History of AI

Artificial intelligence technology has been “around” for some 80 years. Although it has gained significant traction recently and its applications are transforming almost every industry in the past few years, its foundations were created around the time of the second World War.

Alan turing is considered one of the pioneers in computing and artificial intelligence and an examination of some of his papers from around that time indeed reveals some of the earliest mentions of machines that can mimic the human mind and reasoning. In fact, the ideas behind machine learning and deep learning go back to the latter part of World War II. Back then, scientists were beginning to build computer systems that were meant to process information the same as human brain.

A paper by Warren McCulloch and Walter Pitts, who as early as 1943 proposed an artificial neuron, a computational model of the “nerve net” in the brain is one of the first mentions of this topic in the literature. This laid down the foundation for the first wave of research into the topic and in the 1950s, In his paper ‘Computing machinery and Intelligence’, Alan Turing suggested a framework to build intelligent machines and methods of testing their intelligence.

Bernard Widrow and Ted Hoff at Stanford University, developed a neural network application by reducing noise in phone lines in the late 1950s. Around the same time, Frank Rosenblatt built the Perceptron while working as an academic and with the US government.

The Perceptron was based on the concept of a neural network and was meant to be able to perform tasks that humans usually performed, such as recognizing images and even walking and talking.

The Perceptron, however, only had a single layer of neurons and was limited in how much it could do.

Marvin Minsky, a colleague of Rosenblatt and an old high school classmate of his, wrote a book “Perceptrons: An Introduction to Computational Geometry” in which it detailed the limitations of the Perceptron and neural networks and led to the AI winter until the mid 1980’s.

Around 1986, there was renewed interest in neural networks by physicists who were coming up with novel mathematical techniques and there was a landmark paper by Geoffry Hinton about the applications of back-propagation in neural networks as a way to overcome some of its limitations— although some practitioners point to a Finnish mathematician, Seppo Linnainmaa, as having invented back propagation already in the 1960s.

This led to a revival of the field and creation of some of the first practical applications, such as detection of fraud in credit card transactions.

In the late 1980’s, at Carnegie Melon, Dean Pomerleau built a self-driving cars using neural networks. Yann LeCun at NYU pioneered the use of neural networks on image recognition tasks and his 1998 paper defined the concept of convolutional neural networks, which mimic the human visual cortex.

In parallel, John Hopfield popularized the “Hopfield” network which was the first recurrent neural network. This was subsequently expanded upon by Jurgen Schmidhuber and Sepp Hochreiter in 1997 with the introduction of the long short-term memory (LSTM), greatly improving the efficiency and practicality of recurrent neural networks.

Although these applications in the 1980’s and 1990’s created momentum for the field, they soon reached their limits due to a lack of data and enough computing power.
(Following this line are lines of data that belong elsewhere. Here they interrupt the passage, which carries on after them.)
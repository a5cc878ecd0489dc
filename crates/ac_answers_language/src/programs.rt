//! Asks about programs.
ghost use Rattle.std.specs.Prelude.{◌<◌, IfOk, IfSome};
ghost use Rattle.ac_tree.specs.Numbering.{program_nodes};

use crate::spans::spans_of;
use ac_asks::{Answer, text_at, told};
use ac_parse::ParseFault;
use ac_tree::{Position, Program, Span};
use serde_json::{Value, json};
use std::alloc::{AllocError, Global};

/// The printed program and the span of each node, or why the text is no program.
pub fn parse(alloc: Global, ask: &Value) -> Answer {
    let Some(text) = text_at(ask, "text") else {
        return Ok(None);
    };
    match ac_parse::parse(alloc, text.as_bytes()) {
        Ok(program) => {
            let answer = described(alloc, &program);
            drop(program);
            answer
        }
        Err(fault) => refused(alloc, fault),
    }
}

/// Why a text is no program.
fn refused(alloc: Global, fault: ParseFault) -> Answer {
    match fault {
        ParseFault::NotUtf8 { at } => told(alloc, "not_utf8", Value::from(at)),
        ParseFault::Token { at } => told(alloc, "token", Value::from(at)),
        ParseFault::Unexpected { span } => told(alloc, "unexpected", span_pair(alloc, span)?),
        ParseFault::Limit { which, value } => {
            let word = which.word();
            told(alloc, "limit", json!(in alloc; [word, value])?)
        }
        ParseFault::OutOfMemory => Err(anyhow::Error::from(AllocError)),
    }
}

fn described(alloc: Global, program: &Program) -> Answer {
    let spans = span_pairs(alloc, program)?;
    let print = ac_parse::print(alloc, program)?;
    Ok(Some(json!(in alloc; {"print": print, "spans": spans})?))
}

fn span_pairs(alloc: Global, program: &Program) -> Result<Vec<Value>, AllocError> {
    let spans = spans_of(alloc, program)?;
    let mut pairs = Vec::new(alloc);
    for span in spans.iter() {
        pairs.push(span_pair(alloc, *span)?)?;
    }
    Ok(pairs)
}

fn span_pair(alloc: Global, span: Span) -> Result<Value, AllocError> {
    let (start, end) = (span.start, span.end);
    json!(in alloc; [start, end])
}

/// The program that a text is; none where it is none.
#[tactic(auto, using(ac_parse::proofs::Counted::few_nodes))]
fn program(alloc: Global, ask: &Value) -> Result<Option<Program>, AllocError>
    ensures { IfOk result (λ found. IfSome found (λ p. program_nodes p < 4294967296)) }
{
    let Some(text) = text_at(ask, "text") else {
        return Ok(None);
    };
    match ac_parse::parse(alloc, text.as_bytes()) {
        Ok(program) => Ok(Some(program)),
        Err(ParseFault::OutOfMemory) => Err(AllocError),
        Err(_) => Ok(None),
    }
}

/// `{"ok":true}`, or the first node that breaks a static rule, and the rule.
pub fn check_static(alloc: Global, ask: &Value) -> Answer {
    let Some(program) = program(alloc, ask)? else {
        return Ok(None);
    };
    let verdict = ac_tree::check_static(&program);
    drop(program);
    match verdict {
        Ok(()) => told(alloc, "ok", Value::Bool(true)),
        Err(fault) => {
            let (node, rule) = (fault.node.0, fault.rule);
            Ok(Some(json!(in alloc; {"node": node, "rule": rule})?))
        }
    }
}

/// Where each node stands, in the order of their numbers.
pub fn positions(alloc: Global, ask: &Value) -> Answer {
    let Some(program) = program(alloc, ask)? else {
        return Ok(None);
    };
    let positions = ac_tree::positions(alloc, &program);
    drop(program);
    position_lists(alloc, positions?.as_slice())
}

fn position_lists(alloc: Global, positions: &[Position]) -> Answer {
    let mut list = Vec::new(alloc);
    for position in positions {
        list.push(position_list(alloc, *position)?)?;
    }
    told(alloc, "positions", Value::Array(list))
}

fn position_list(alloc: Global, position: Position) -> Result<Value, AllocError> {
    let (parent, last) = (position.parent.0, position.last.0);
    let (block, place) = (position.block, position.place);
    json!(in alloc; [parent, block, place, last])
}
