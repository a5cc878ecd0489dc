//! Asks about control flow.
ghost use Rattle.std.specs.Prelude.{IfOk, IfSome};
ghost use Rattle.ac_tree.specs.StaticRules.{KeepsStaticRules};

use ac_asks::{Answer, list_at, text_at, told};
use ac_parse::ParseFault;
use ac_tree::{Cut, NodeId, Pair, Place, Program, Target};
use serde_json::{Value, json};
use std::alloc::{AllocError, Global};

/// A program, and its cuts for the places of an ask.
#[derive(Drop)]
struct Flow {
    program: Program,
    cuts: Vec<Cut>,
}

/// The cuts of the places.
pub fn cuts(alloc: Global, ask: &Value) -> Answer {
    let Some(flow) = flow_of(alloc, ask)? else {
        return Ok(None)
    };
    let answer = cut_list(alloc, flow.cuts.as_slice());
    drop(flow);
    answer
}

fn cut_list(alloc: Global, cuts: &[Cut]) -> Answer {
    let mut list = Vec::new(alloc);
    for cut in cuts {
        list.push(cut_value(alloc, *cut)?)?;
    }
    told(alloc, "cuts", Value::Array(list))
}

/// The pairs of the subject nodes, with the cuts of the places.
pub fn pairs(alloc: Global, ask: &Value) -> Answer {
    let Some(flow) = flow_of(alloc, ask)? else {
        return Ok(None)
    };
    let answer = pairs_with(alloc, &flow, ask);
    drop(flow);
    answer
}

fn pairs_with(alloc: Global, flow: &Flow, ask: &Value) -> Answer {
    let Some(subject) = list_at(ask, "subject") else {
        return Ok(None)
    };
    let Some(subject) = nodes_of(alloc, subject)? else {
        return Ok(None)
    };
    let pairs = ac_flow::pairs(
        alloc,
        &flow.program,
        flow.cuts.as_slice(),
        subject.as_slice(),
    )?;
    pair_list(alloc, pairs.as_slice())
}

fn pair_list(alloc: Global, pairs: &[Pair]) -> Answer {
    let mut list = Vec::new(alloc);
    for pair in pairs {
        list.push(pair_value(alloc, *pair)?)?;
    }
    told(alloc, "pairs", Value::Array(list))
}

/// The walk of a pair, with the cuts of the places.
pub fn walk(alloc: Global, ask: &Value) -> Answer {
    let Some(pair) = pair_at(ask) else {
        return Ok(None)
    };
    let Some(flow) = flow_of(alloc, ask)? else {
        return Ok(None)
    };
    let answer = walk_of(alloc, &flow, &pair);
    drop(flow);
    answer
}

fn walk_of(alloc: Global, flow: &Flow, pair: &Pair) -> Answer {
    let nodes = ac_walk::walk(alloc, &flow.program, flow.cuts.as_slice(), pair)?;
    let mut list = Vec::new(alloc);
    for node in nodes.iter() {
        list.push(Value::from(node.0))?;
    }
    told(alloc, "walk", Value::Array(list))
}

/// The pair of an ask.
fn pair_at(ask: &Value) -> Option<Pair> {
    match list_at(ask, "pair")? {
        [cut, target] => Some(Pair {
            cut: cut_of(cut)?,
            target: target_of(target)?,
        }),
        _ => None,
    }
}

/// The cut that a word and a node are.
pub fn cut_of(value: &Value) -> Option<Cut> {
    let (word, node) = word_and_node(value)?;
    match word {
        "start" => Some(Cut::Start),
        "head" => Some(Cut::Head(node)),
        "exit" => Some(Cut::Exit(node)),
        "after" => Some(Cut::After(node)),
        _ => None,
    }
}

/// The target that a word and a node are.
pub fn target_of(value: &Value) -> Option<Target> {
    let (word, node) = word_and_node(value)?;
    match word {
        "entry" => Some(Target::Entry(node)),
        "keep" => Some(Target::Keep(node)),
        "barrier" => Some(Target::Barrier(node)),
        "site" => Some(Target::Site(node)),
        _ => None,
    }
}

/// The program of an ask, and its cuts for the places there.
fn flow_of(alloc: Global, ask: &Value) -> Result<Option<Flow>, AllocError> {
    let (Some(text), Some(places)) = (text_at(ask, "program"), list_at(ask, "places")) else {
        return Ok(None);
    };
    let Some(program) = program(alloc, text)? else {
        return Ok(None)
    };
    match cuts_at(alloc, &program, places) {
        Ok(Some(cuts)) => Ok(Some(Flow { program, cuts })),
        Ok(None) => {
            drop(program);
            Ok(None)
        }
        Err(error) => {
            drop(program);
            Err(error)
        }
    }
}

/// The cuts of a program for the places of a list.
fn cuts_at(
    alloc: Global,
    program: &Program,
    values: &[Value],
) -> Result<Option<Vec<Cut>>, AllocError> {
    match places_of(alloc, values)? {
        Some(places) => Ok(Some(ac_flow::cuts(alloc, program, places.as_slice())?)),
        None => Ok(None),
    }
}

/// The program that a text is; none where it is none, or one that breaks a static rule.
pub fn program(alloc: Global, text: &str) -> Result<Option<Program>, AllocError>
    ensures { IfOk result (λ found. IfSome found KeepsStaticRules) }
{
    match ac_parse::parse(alloc, text.as_bytes()) {
        Ok(program) => Ok(sound(program)),
        Err(ParseFault::OutOfMemory) => Err(AllocError),
        Err(_) => Ok(None),
    }
}

/// The program, where it breaks no static rule.
fn sound(program: Program) -> Option<Program>
    ensures { IfSome result KeepsStaticRules }
{
    if ac_tree::check_static(&program).is_ok() {
        return Some(program);
    }
    drop(program);
    None
}

fn places_of(alloc: Global, values: &[Value]) -> Result<Option<Vec<Place>>, AllocError> {
    let mut places = Vec::new(alloc);
    for value in values.iter() {
        match place_of(value) {
            Some(place) => places.push(place)?,
            None => return Ok(None),
        }
    }
    Ok(Some(places))
}

fn place_of(value: &Value) -> Option<Place> {
    let (word, node) = word_and_node(value)?;
    place_at(word, node)
}

/// The place that a word names at a node.
pub fn place_at(word: &str, node: NodeId) -> Option<Place> {
    match word {
        "loop" => Some(Place::Loop(node)),
        "after" => Some(Place::After(node)),
        _ => None,
    }
}

fn word_and_node(value: &Value) -> Option<(&str, NodeId)> {
    match value.as_array()?.as_slice() {
        [word, node] => Some((word.as_str()?, node_of(node)?)),
        _ => None,
    }
}

/// The node that a number names.
pub fn node_of(value: &Value) -> Option<NodeId> {
    let number = value.as_u64()?;
    match u32::try_from(number) {
        Ok(number) => Some(NodeId(number)),
        Err(_) => None,
    }
}

fn nodes_of(alloc: Global, values: &[Value]) -> Result<Option<Vec<NodeId>>, AllocError> {
    let mut nodes = Vec::new(alloc);
    for value in values.iter() {
        match node_of(value) {
            Some(node) => nodes.push(node)?,
            None => return Ok(None),
        }
    }
    Ok(Some(nodes))
}

/// A pair as the list of its cut and its target.
pub fn pair_value(alloc: Global, pair: Pair) -> Result<Value, AllocError> {
    let mut list = Vec::new(alloc);
    list.push(cut_value(alloc, pair.cut)?)?;
    list.push(target_value(alloc, pair.target)?)?;
    Ok(Value::Array(list))
}

/// A cut as its word and its node.
pub fn cut_value(alloc: Global, cut: Cut) -> Result<Value, AllocError> {
    match cut {
        Cut::Start => placed(alloc, "start", NodeId(0)),
        Cut::Head(node) => placed(alloc, "head", node),
        Cut::Exit(node) => placed(alloc, "exit", node),
        Cut::After(node) => placed(alloc, "after", node),
    }
}

/// A target as its word and its node.
pub fn target_value(alloc: Global, target: Target) -> Result<Value, AllocError> {
    match target {
        Target::Entry(node) => placed(alloc, "entry", node),
        Target::Keep(node) => placed(alloc, "keep", node),
        Target::Barrier(node) => placed(alloc, "barrier", node),
        Target::Site(node) => placed(alloc, "site", node),
    }
}

fn placed(alloc: Global, word: &str, node: NodeId) -> Result<Value, AllocError> {
    let number = node.0;
    json!(in alloc; [word, number])
}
There was another AI winter, fortunately a shorter one, for about a decade or so.

Around 2006, Geoffrey Hinton and few others in Canada published a landmark paper in science about the potential of “multi-layered” neural networks.

This, along with the potential it subsequently showed in speech recognition re-ignited interest in neural networks.

This was enough to attract interest and research dollars and over the next few years, companies such as Microsoft and Google ramped up their research in the field dramatically.

In 2012, Hinton and two of his students highlighted the power of deep learning when they obtained significant results in the well-known ImageNet competition, based on a dataset collated by Fei-Fei Li and others.

At the same time, Jeffrey Dean and Andrew Ng were doing breakthrough work on large scale image recognition at Google Brain.

Deep learning also enhanced the existing field of reinforcement learning, led by researchers such as Richard Sutton, leading to the game-playing successes of systems developed by DeepMind.

Given the impressive results that this algorithm showed the entire world, everyone woke up to the potential of deep learning and neural networks.

In 2014, Ian Goodfellow published his paper on generative adversarial networks, which along with reinforcement learning has become the focus of much of the recent research in the field.

Continuing advances in AI capabilities have led to Stanford University’s One Hundred Year Study on Artificial Intelligence, founded by Eric Horvitz, building on the long-standing research he and his colleagues have led at Microsoft Research.

We have benefited from the input and guidance of many of these pioneers in our research over the past few year.

The rest, as they say, is history!! Now, with large amounts of digitized data and significantly stronger computers, progress came fast in various sectors.

Still today, we’re at the dawn of the potential of AI.

Most of the applications to date are with supervised learning, which is teaching the algorithm by giving it annotated data (thousands or millions) and the algorithm learning from that data to identify patterns and making predictions.

The long-term power of neural nets will reside in the unsupervised learning where the algorithms can learn without being trained but by just being given the data and desired outcomes.

Reinforcement learning, which in many ways mimics human learning mechanism, will be also at the leading edge of achieving AI’s full potential.